Extracting text features is quite important in natural language processing. Therefore, the mmkit-features
toolkit allows us to easily obtain text features in different format using TextFeaturesWrapper
class. Several text feature extracting techniques are implemented in the module, including using TF-IDF
, WordEmbedding
, WordVector
and GloVe
.
Here are a few toy examples to show its usage.
from mmkfeatures.text.text_features_wrapper import TextFeaturesWrapper
if __name__=="__main__":
text_features_wrapper = TextFeaturesWrapper()
corpus = [
"This is a sample sentence",
"I am interested in politics",
"You are a very good software engineer, engineer.",
]
sentence = "It is a sample sentence"
# 1. Using TFIDF
# vs=text_features_wrapper.get_text_features_using_tfidf(corpus,[sentence,sentence])
# 2. Using WordEmbedding
# vs = text_features_wrapper.get_text_features_using_wordembedding(corpus, sentence)
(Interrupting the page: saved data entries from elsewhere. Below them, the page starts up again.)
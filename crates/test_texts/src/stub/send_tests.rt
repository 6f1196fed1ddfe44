//! The fragments that runs of send code give.

use crate::rows::{TextCase, all_hold};
use crate::stub::verify_tests::verify_ops;
use fl_base::{Circuit, Frag, MsgNo};
use fl_machine::SendRun;
use fl_stub::{Column, Op, VerifiedCode};
use std::alloc::Global;
use std::test::Fail;

// Send code, a tape, and the fragments that its run gives: one or two.
struct SendRow {
    ops: &'static [Op],
    tape: &'static [u64],
    first: Frag,
    second: Option<Frag>,
}

// The control words of the first fragment of message 2 on circuit 5, and of the others.
const FIRST: u64 = 0x0005_0002_0002;

const LATER: u64 = 0x0005_0002_0000;

// A string between numbers.
const STRING: &[Op] = &[
    Op::Emit(1),
    Op::Align,
    Op::Length(2_047),
    Op::Each,
    Op::Emit(1),
    Op::Back,
    Op::Align,
    Op::Emit(2),
    Op::End,
];

const SENT: &[SendRow] = &[
    SendRow {
        ops: STRING,
        tape: &[7, 3, 97, 98, 99, 0x1234],
        first: Frag {
            words: [7, 3, 0x63_6261, 0x1234, 0, 0, 0],
            control: FIRST,
        },
        second: None,
    },
    SendRow {
        ops: STRING,
        tape: &[255, 0, 0xffff],
        first: Frag {
            words: [255, 0, 0xffff, 0, 0, 0, 0],
            control: FIRST,
        },
        second: None,
    },
    // a call without arguments is one fragment
    SendRow {
        ops: &[Op::End],
        tape: &[],
        first: Frag {
            words: [0; 7],
            control: FIRST,
        },
        second: None,
    },
    // one that ends where a fragment ends has no more
    SendRow {
        ops: &[Op::Times(7), Op::Emit(8), Op::Back, Op::Align, Op::End],
        tape: &[1, 2, 3, 4, 5, 6, u64::MAX],
        first: Frag {
            words: [1, 2, 3, 4, 5, 6, u64::MAX],
            control: FIRST,
        },
        second: None,
    },
    // a loop goes on in the next fragment
    SendRow {
        ops: &[Op::Times(60), Op::Emit(1), Op::Back, Op::End],
        tape: &[
            1, 2, 3, 4, 5, 6, 7, 8, 9, 10, 11, 12, 13, 14, 15, 16, 17, 18, 19, 20, 21, 22, 23, 24,
            25, 26, 27, 28, 29, 30, 31, 32, 33, 34, 35, 36, 37, 38, 39, 40, 41, 42, 43, 44, 45, 46,
            47, 48, 49, 50, 51, 52, 53, 54, 55, 56, 57, 58, 59, 60,
        ],
        first: Frag {
            words: [
                0x0807_0605_0403_0201,
                0x100f_0e0d_0c0b_0a09,
                0x1817_1615_1413_1211,
                0x201f_1e1d_1c1b_1a19,
                0x2827_2625_2423_2221,
                0x302f_2e2d_2c2b_2a29,
                0x3837_3635_3433_3231,
            ],
            control: FIRST,
        },
        second: Some(Frag {
            words: [0x3c3b_3a39, 0, 0, 0, 0, 0, 0],
            control: LATER,
        }),
    },
    // and so do a number and zeros that don't fit
    SendRow {
        ops: &[
            Op::Times(6),
            Op::Emit(8),
            Op::Back,
            Op::Emit(4),
            Op::Emit(8),
            Op::Pad(7),
            Op::Emit(1),
            Op::End,
        ],
        tape: &[0, 0, 0, 0, 0, 0, 9, 0x8877_6655_4433_2211, 0xee],
        first: Frag {
            words: [0, 0, 0, 0, 0, 0, 0x4433_2211_0000_0009],
            control: FIRST,
        },
        second: Some(Frag {
            words: [0x8877_6655, 0xee00_0000, 0, 0, 0, 0, 0],
            control: LATER,
        }),
    },
    // loops in loops, one of them counted and empty in its second turn
    SendRow {
        ops: &[
            Op::Times(2),
            Op::Length(4),
            Op::Each,
            Op::Times(2),
            Op::Emit(2),
            Op::Pad(2),
            Op::Back,
            Op::Back,
            Op::Back,
            Op::Emit(8),
            Op::End,
        ],
        tape: &[2, 1, 2, 3, 4, 0, 77],
        first: Frag {
            words: [2, 0x2_0000_0001, 0x4_0000_0003, 0, 77, 0, 0],
            control: FIRST,
        },
        second: None,
    },
];

// Whether a run of message 2 on circuit 5 gives the row's fragments, the first one also by a look. Nothing is sent by receive code.
fn is_sent(code: &VerifiedCode, tape: Vec<u64>, row: &SendRow) -> bool {
    match code.column() {
        Column::Send => {}
        Column::Receive => return false,
    }
    let mut run = SendRun::start(code, MsgNo(2), Circuit(5), tape);
    run.peek_frag(code) == Some(row.first)
        && run.next_frag(code) == Some(row.first)
        && run.next_frag(code) == row.second
        && run.next_frag(code).is_none()
}

impl TextCase for SendRow {
    fn holds(&self, alloc: Global) -> Result<bool, Fail> {
        let Some(code) = verify_ops(alloc, self.ops)? else {
            return Ok(false);
        };
        let tape = Vec::from_slice(alloc, self.tape)?;
        Ok(is_sent(&code, tape, self))
    }
}

#[test]
fn runs_give_their_fragments(rt: HostRuntime) -> Result<(), Fail> {
    all_hold(rt.alloc(), "rows", SENT)
}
# 3. Using GloVe Embedding
vs=text_features_wrapper.get_text_features_using_GloVe(sentence,"../data/glove.6B/glove.6B.50d.txt","../data/glove.6B/glove_6B.50d.wordvec.txt")
# 4. Using Word Vector
# vs = text_features_wrapper.get_text_features_using_wordvector(corpus, sentence)
print(vs)
Most of the methods generate word vectors with fixed length to represent text for our analysis. We highly recommend you to use GloVe embedding to generate word vectors.